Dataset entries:

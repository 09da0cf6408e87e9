//! What happens at a site, and what it replies.
ghost use Rattle.std.specs.Prelude.{◌≡◌, ◌↔◌, true, IfOk, IsOk, IsTrue};
ghost use Rattle.site_machine.specs.Replies.{is_plain};
ghost use Rattle.site_machine.specs.Values.{event_value, reply_value};

use crate::operations::same_operations;
use crate::request::Request;
use crate::site::copy_all;
use pcrf_model::{GxReply, PushOut};
use pcrf_values::{DiameterIdentity, Exact, GxSid, Ranked, Refusal, same};
use rx_profile::AbortOut;
use site_join::{Operation, State};
use std::alloc::AllocError;

/// What may happen at a site.
#[derive(Debug, Drop)]
pub enum Event {
    /// A request is to be served.
    Serve(Request),
    /// A gateway of this host is to be told what it was not told yet, one of any host where none is given.
    Push(Option<DiameterIdentity>),
    /// An application function of this host is to be asked to end a session that is bound to none, one of any host where none is
    /// given.
    Abort(Option<DiameterIdentity>),
    /// What the gateway of this session was told is to count as not there.
    Retell(GxSid),
    /// Operations of a letter are to be taken.
    Ops(Vec<Operation>),
    /// All that another site holds is to be taken.
    Whole(State),
    /// The operations that the site made itself are asked for, from a position on.
    AskOwn(u64),
    /// A copy of all that the site holds is asked for.
    AskWhole,
}

/// What a site replies to an event.
#[derive(Debug, Drop)]
pub enum Reply {
    /// To a credit control request.
    Gx(GxReply),
    /// To a request of an application function that is accepted, and to a state that was taken.
    Done,
    /// To one that is refused.
    Refused(Refusal),
    /// To a request of the base protocol, with the Result-Code.
    Base(u32),
    /// What was pushed; nothing where nothing was due.
    Pushed(Option<PushOut>),
    /// What was asked to end; nothing where no session is to be aborted.
    Aborted(Option<AbortOut>),
    /// Whether what a gateway was told counts as not there now: not where the session isn't live or its gateway was told nothing.
    Retold(bool),
    /// So many operations, the first of those that were given, stand taken: less than all only where memory was refused.
    Taken(usize),
    /// Operations that the site made itself, the first 100 if there are more, and how many it made in all.
    Own(Vec<Operation>, u64),
    /// A copy of all that the site holds, and how many operations it made itself.
    Copy(State, u64),
}

impl Event {
    /// An equal event.
    pub fn try_copy(&self) -> Result<Event, AllocError>
        ensures { IfOk result (λ copy. event_value copy ≡ event_value self.now) }
    {
        match self {
            Event::Serve(request) => Ok(Event::Serve(request.try_copy()?)),
            Event::Push(host) => Ok(Event::Push(host.try_copy()?)),
            Event::Abort(host) => Ok(Event::Abort(host.try_copy()?)),
            Event::Retell(session) => Ok(Event::Retell(session.try_copy()?)),
            Event::Ops(operations) => Ok(Event::Ops(copy_operations(operations)?)),
            Event::Whole(state) => Ok(Event::Whole(state.try_copy()?)),
            Event::AskOwn(from) => Ok(Event::AskOwn(*from)),
            Event::AskWhole => Ok(Event::AskWhole),
        }
    }

    /// The same would happen. It takes no memory.
    pub fn equal(&self, other: &Event) -> bool
        ensures { IsTrue result ↔ (event_value self.now ≡ event_value other.now) }
    {
        match (self, other) {
            (Event::Serve(ours), Event::Serve(theirs)) => ours.equal(theirs),
            (Event::Push(ours), Event::Push(theirs)) => same(ours, theirs),
            (Event::Abort(ours), Event::Abort(theirs)) => same(ours, theirs),
            (Event::Retell(ours), Event::Retell(theirs)) => same(ours, theirs),
            (Event::Ops(ours), Event::Ops(theirs)) => {
                same_operations(ours.as_slice(), theirs.as_slice())
            }
            (Event::Whole(ours), Event::Whole(theirs)) => ours.equal(theirs),
            (Event::AskOwn(ours), Event::AskOwn(theirs)) => *ours == *theirs,
            (Event::AskWhole, Event::AskWhole) => true,
            _ => false,
        }
    }
}

impl Reply {
    /// An equal reply. One that takes no memory is always copied.
    pub fn try_copy(&self) -> Result<Reply, AllocError>
        ensures equal { IfOk result (λ copy. reply_value copy ≡ reply_value self.now) }
        ensures plain { is_plain self.now ≡ true → IsOk result }
    {
        match self {
            Reply::Gx(reply) => Ok(Reply::Gx(reply.try_copy()?)),
            Reply::Done => Ok(Reply::Done),
            Reply::Refused(refusal) => Ok(Reply::Refused(*refusal)),
            Reply::Base(code) => Ok(Reply::Base(*code)),
            Reply::Pushed(Some(push)) => Ok(Reply::Pushed(Some(push.try_copy()?))),
            Reply::Pushed(None) => Ok(Reply::Pushed(None)),
            Reply::Aborted(Some(abort)) => Ok(Reply::Aborted(Some(abort.try_copy()?))),
            Reply::Aborted(None) => Ok(Reply::Aborted(None)),
            Reply::Retold(done) => Ok(Reply::Retold(*done)),
            Reply::Taken(count) => Ok(Reply::Taken(*count)),
            Reply::Own(operations, length) => {
                Ok(Reply::Own(copy_operations(operations)?, *length))
            }
            Reply::Copy(state, length) => Ok(Reply::Copy(state.try_copy()?, *length)),
        }
    }

    /// Both tell the same. It takes no memory.
    pub fn equal(&self, other: &Reply) -> bool
        ensures { IsTrue result ↔ (reply_value self.now ≡ reply_value other.now) }
    {
        match (self, other) {
            (Reply::Gx(ours), Reply::Gx(theirs)) => ours.equal(theirs),
            (Reply::Done, Reply::Done) => true,
            (Reply::Refused(ours), Reply::Refused(theirs)) => *ours == *theirs,
            (Reply::Base(ours), Reply::Base(theirs)) => *ours == *theirs,
            (Reply::Pushed(ours), Reply::Pushed(theirs)) => same_push(ours, theirs),
            (Reply::Aborted(ours), Reply::Aborted(theirs)) => same_abort(ours, theirs),
            (Reply::Retold(ours), Reply::Retold(theirs)) => *ours == *theirs,
            (Reply::Taken(ours), Reply::Taken(theirs)) => *ours == *theirs,
            (Reply::Own(ours, length), Reply::Own(theirs, other_length)) => {
                *length == *other_length && same_operations(ours.as_slice(), theirs.as_slice())
            }
            (Reply::Copy(ours, length), Reply::Copy(theirs, other_length)) => {
                *length == *other_length && ours.equal(theirs)
            }
            _ => false,
        }
    }
}

/// Both push the same, or nothing.
fn same_push(ours: &Option<PushOut>, theirs: &Option<PushOut>) -> bool
    ensures { IsTrue result ↔ (ours.now ≡ theirs.now) }
{
    match (ours, theirs) {
        (Some(ours), Some(theirs)) => ours.equal(theirs),
        (None, None) => true,
        _ => false,
    }
}

/// Both ask the same to end, or nothing.
fn same_abort(ours: &Option<AbortOut>, theirs: &Option<AbortOut>) -> bool
    ensures { IsTrue result ↔ (ours.now ≡ theirs.now) }
{
    match (ours, theirs) {
        (Some(ours), Some(theirs)) => ours.equal(theirs),
        (None, None) => true,
        _ => false,
    }
}

/// Equal operations, in order.
fn copy_operations(operations: &Vec<Operation>) -> Result<Vec<Operation>, AllocError>
    ensures { IfOk result (λ copies. copies.items ≡ operations.now.items) }
{
    copy_all(*operations.allocator(), operations.as_slice())
}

Problem description: The expected answer is every line in the data above that carries the string "made".

Answer area:
    /// The operations that the site made itself are asked for, from a position on.
    /// Operations that the site made itself, the first 100 if there are more, and how many it made in all.
    /// A copy of all that the site holds, and how many operations it made itself.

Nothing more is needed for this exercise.